Nvidia is looking to build a bigger presence outside of GPU sales by bringing its AI-specific software development kit to more applications.
Nvidia has announced that it will be adding support for the TensorRT-LLM SDK to Windows and models such as Stable Diffusion. The company said in a document: blog post Its purpose is to speed up the execution of large-scale language models (LLMs) and related tools.
TensorRT accelerates inference, the process of examining pre-trained information, such as newly generated stable diffusion images, to calculate probabilities and derive results. With this software, Nvidia hopes to play a bigger role on the inference side of generative AI.
TensorRT-LLM decomposes LLM and allows it to run faster on Nvidia’s H100 GPU. Works with LLMs such as Meta’s Llama 2 and other AI models such as Stability AI’s Stable Diffusion. The company says that by running his LLM through TensorRT-LLM, “this speedup significantly improves the experience of using more advanced LLMs, such as writing and coding assistants.”
In other words, Nvidia not only provides GPUs to train and run LLMs, but also provides the ability to run and work on models so that users don’t have to look for other ways to make the AI they generate more cost-effective. We would also like to provide software that can speed up the process.
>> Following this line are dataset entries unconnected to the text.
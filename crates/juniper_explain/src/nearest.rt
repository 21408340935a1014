//! The nearest of some names, for those that are not known.

ghost use Rattle.std.specs.Prelude.{◌≡◌, ◌∷◌, IfOk, List, option_map, string_bytes};
ghost use Rattle.graphql_spec.specs.Shown.{Name};
ghost use Rattle.juniper_written.specs.WrittenView.{view_names};
ghost use Rattle.juniper_explain.specs.Nearest.{distance, nearest, suggested};
ghost use Rattle.juniper_explain.specs.NearView.{chosen};
ghost use Rattle.juniper_explain.specs.Nodes.{suggestion};

use std::alloc::{AllocError, Global};
use strsim::levenshtein;

/// The longest name that has near ones, in bytes.
const LONGEST: usize = 64;

/// The name that may have been meant: the first of these that is nearest, where a third of it and one character may differ.
/// An error where memory is refused.
pub(crate) fn suggested<'n>(
    alloc: Global,
    name: &str,
    names: &Vec<&'n str>,
) -> Result<Option<&'n str>, AllocError>
    ensures { IfOk result (λ o. option_map (λ k. k.now) o ≡ suggested name.now (view_names names.now.items)) }
{
    if name.len() > LONGEST {
        return Ok(None);
    }
    let bound = name.len() / 3 + 2;
    nearest(alloc, name, bound, names)
}

/// The first of the names that is nearest, of those that are nearer than the bound.
fn nearest<'n>(
    alloc: Global,
    name: &str,
    bound: usize,
    names: &Vec<&'n str>,
) -> Result<Option<&'n str>, AllocError>
    ensures { IfOk result (λ o. option_map (λ k. k.now) o ≡ nearest name.now bound (view_names names.now.items)) }
{
    let mut near = Near { name: None, bound };
    for index in 0..names.len() {
        let other = names[index];
        let edits = levenshtein(alloc, name, other)?;
        near = nearer(near, other, edits);
    }
    Ok(near.name)
}

/// The nearest of the names so far, and how much nearer a later one has to be.
#[derive(Clone, Copy)]
struct Near<'n> {
    name: Option<&'n str>,
    bound: usize,
}

/// What is nearest, where one more name is as far away as this.
fn nearer<'n>(near: Near<'n>, other: &'n str, edits: usize) -> Near<'n>
    ensures { (n : Name) (ks : List Name) → edits ≡ distance n other.now → chosen result n ks ≡ chosen near.entry n (other.now ∷ ks) }
{
    if edits < near.bound {
        return Near {
            name: Some(other),
            bound: edits,
        };
    }
    near
}

/// What is said of a name that may have been meant; nothing where there is none.
#[tactic(auto, unfolding(crate::specs::Nodes::suggestion))]
pub(crate) fn suggestion(alloc: Global, name: Option<&str>) -> Result<String, AllocError>
    ensures { IfOk result (λ t. string_bytes t ≡ suggestion (option_map (λ k. k.now) name.entry)) }
{
    match name {
        Some(name) => format!(in alloc; ", did you mean `{name}`?"),
        None => Ok(String::new(alloc)),
    }
}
The company said that TensorRT-LLM is “publicly available to anyone who wants to use or integrate it,” and that the SDK can be accessed on top of TensorRT-LLM. site.
Nvidia already has a near monopoly on powerful chips that train LLMs like GPT-4. And training and running an LLM typically requires a large amount of GPUs. Demand for H100 GPUs is skyrocketing. The estimated price reaches $40,000 per chip. The company has announced that a new version of its GPU, his GH200, will be released next year. No wonder in the second quarter he Nvidia’s revenue increased to his $ 13.5 billion.
However, the world of generative AI is rapidly advancing, and new ways to run LLM without requiring large amounts of expensive GPUs are emerging. Companies such as Microsoft and AMD have announced that they will manufacture their own chips to reduce their dependence on Nvidia.
And companies are turning to the inference side of AI development. AMD plans to acquire software company Nod.ai specifically to support LLM running on AMD chips. SambaNova already offers It also includes services that facilitate model execution.
For now, Nvidia remains the hardware leader in generative AI, but it’s already looking toward a future where people won’t need to buy its GPUs in bulk.